= Financial services in Gibraltar =

Financial services in Gibraltar refers to the services provided in the British Overseas Territory of Gibraltar by the finance industry: banks, investment banks, insurance companies, credit card companies, consumer finance companies, government-sponsored enterprises, and stock brokerages.

==Regulation==
Financial institutions operating in Gibraltar are regulated by the Gibraltar Financial Services Commission.

==Services==
Gibraltar licensed or authorised financial institutions are able to provide services to customers in the United Kingdom through the Gibraltar Authorisation Regime which treats them as authorised persons under the UK Financial Services and Market Act 2000.

Prior to Brexit on 31 January 2020, Gibraltar was a constituent part of the European Union as a Special Member State territory, having joined the European Economic Community with the United Kingdom in 1973, under the provisions of the Treaty of Rome relating to European dependent territories. However, it was exempt from the Common external tariff, the Common Agricultural Policy and the requirement to levy Value added tax.

Subject to notifying the Gibraltar Financial Services Commission, which had to be satisfied that they meet certain criteria in accordance with the relevant EU Directive, Gibraltar licensed or authorised financial institutions were able to provide services throughout the EU and European Economic Area without having to seek separate licences or authorisation in the host Member State. This was known as the passporting of financial services.

Referred to as an International Finance Centre, Gibraltar was among 35 jurisdictions identified by the Organisation for Economic Co-operation and Development (OECD) as a tax haven in June 2000. However, the list's disclaimer stated:

That list should be seen in its historical context and as an evaluation by OECD member countries at a particular point in time of which countries met the criteria set out in the 1998 Report, Harmful Tax Competition: An Emerging Global Issue. More than five years have passed since the publication of the OECD list contained in the 2000 Report and positive changes have occurred in individual countries' transparency and exchange of information laws and practices since that time. The list has not been updated to reflect such changes.

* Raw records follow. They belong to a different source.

//! The privates of the bank: what each costs, which is the cheapest unsold, and whether a seat can
//! pay.
ghost use Rattle.std.specs.Prelude.{◌≡◌};
ghost use Rattle.totals.specs.LookBack.{cheapest_in};
ghost use Rattle.privates.specs.Bank.{is_short, is_the, price_of_private};

use history::{GameView, Owners};
use tables::{Amount, Money, Private, Seat, face};

/// Returns the price of a private at the bank, in dollars: SV's price may have fallen; that of the
/// others is their face value.
pub fn price_of_private(view: &GameView, private: Private) -> Amount
    ensures { result ≡ price_of_private view.now.events private }
{
    match private {
        Private::SchuylkillValley => view.sv_price(),
        _ => face(private),
    }
}

/// Returns whether a private is the cheapest unsold one.
pub(crate) fn is_cheapest(owners: &Owners, private: Private) -> bool
    ensures { result ≡ is_the private (cheapest_in owners.now) }
{
    owners.cheapest_unsold() == Some(private)
}

/// Returns whether a sum is over what a seat can spend on a private.
pub(crate) fn is_short(view: &GameView, seat: Seat, private: Private, sum: Amount) -> bool
    ensures { result ≡ is_short view.now.seats view.now.events seat private sum }
{
    view.free_for(seat, private) < Money::from(sum)
}
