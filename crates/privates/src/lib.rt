//! The opening: players buy the private companies, or bid on them.
//!
//! In a turn a player buys the cheapest unsold private at its price, bids on another one, or
//! passes. When the cheapest is sold, bids on the next are settled at once: a single bidder buys it
//! at that bid, and several bidders hold an auction. CA comes with a share of PRR, BOP with the
//! presidency of BO. The round is over when all privates are sold, or when all seats have passed in
//! succession. In the latter case SV's price falls by 5 if it is unsold, and at 0 SV goes to the
//! holder of priority for nothing; if SV is sold, each sold private pays.
//!
//! Reading order: the four orders, each with its rules, its judgement and its effect (`buy`, `bid`,
//! `limit`, `par_of_bo`), and what they share (`bank`). Then `standing` (the lines before the first
//! written turn), `bidding` (the auction), `sale` (with what comes with it and what follows from
//! it), `turn` (the lines of a turn), `closing`, `opening` (as a round of `turns`), `laws` (what
//! holds of every opening round and auction). In `specs/`, `LimitsKept`, `UnderwayKept` and
//! `Keeping` are not rules; they prove what a round of turns needs.
#![tactic(auto)]

mod bank;
mod bid;
mod bidding;
mod buy;
mod closing;
pub mod laws;
mod limit;
mod opening;
mod par_of_bo;
mod sale;
mod standing;
mod turn;

pub use bank::price_of_private;
pub use bidding::auction;
pub use opening::{OpeningTurns, play_opening};
pub use standing::judge_standing;
pub use turn::judge;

As a result of having made a commitment in accordance with the OECD's 2001 Progress Report on the OECD's Project on Harmful Tax Practices, Gibraltar is not included in the OECD's list of uncooperative tax havens. It has also never been listed on the FATF Blacklist of uncooperative countries in the fight against money laundering. It may be referred to as an offshore financial centre, by international institutions such as the International Monetary Fund (IMF).

However, in its April 2009 progress report, the OECD listed Gibraltar in the list of jurisdictions which, although committed, had not yet "substantially implemented" the internationally agreed tax standard. Following Gibraltar's signing of 12 additional Tax Information Exchange Agreements (TIEAs), as of October 2009, with jurisdictions including the UK, US and Germany, to sum 13, Gibraltar is currently listed in the OECD "white list", and is considered a jurisdiction that has substantially implemented the tax standard. It therefore shares the same status as OECD member states such as the UK, the US, Spain or Germany.

Fiscal advantages, including no tax on capital income, are offered to a maximum of 8,464 offshore qualified companies incorporated in Gibraltar. After an agreement with the European Union in 2005, this tax exempt regime was due to disappear on 31 December 2010.

A 2007 IMF report on the regulatory environment and anti–money laundering again endorsed Gibraltar's robust regulatory environment.

According to the report:

Gibraltar has a well-regulated financial sector. The Gibraltar authorities are concerned with protecting the reputation and integrity of Gibraltar as a financial center, and are cognizant of the importance of adopting and applying international regulatory standards and best supervisory practices. Gibraltar has a good reputation internationally for cooperation and information sharing.

In 2008 Gibraltar was listed for the first time in the Global Financial Centres Index published by the City of London Corporation. The Rock was ranked 26th in a list of 69 leading finance centres around the world based on an online survey of 1,236 business professionals, who provided a total of 18,878 assessments. In the most recent GFCI report of 2011, Gibraltar was ranked 63rd in the world, and 8th of the leading offshore financial centres (OFCs).

Gibraltar was also ranked in the top 20 centres for e-readiness, coming 20th after major capitals and leading offshore centres.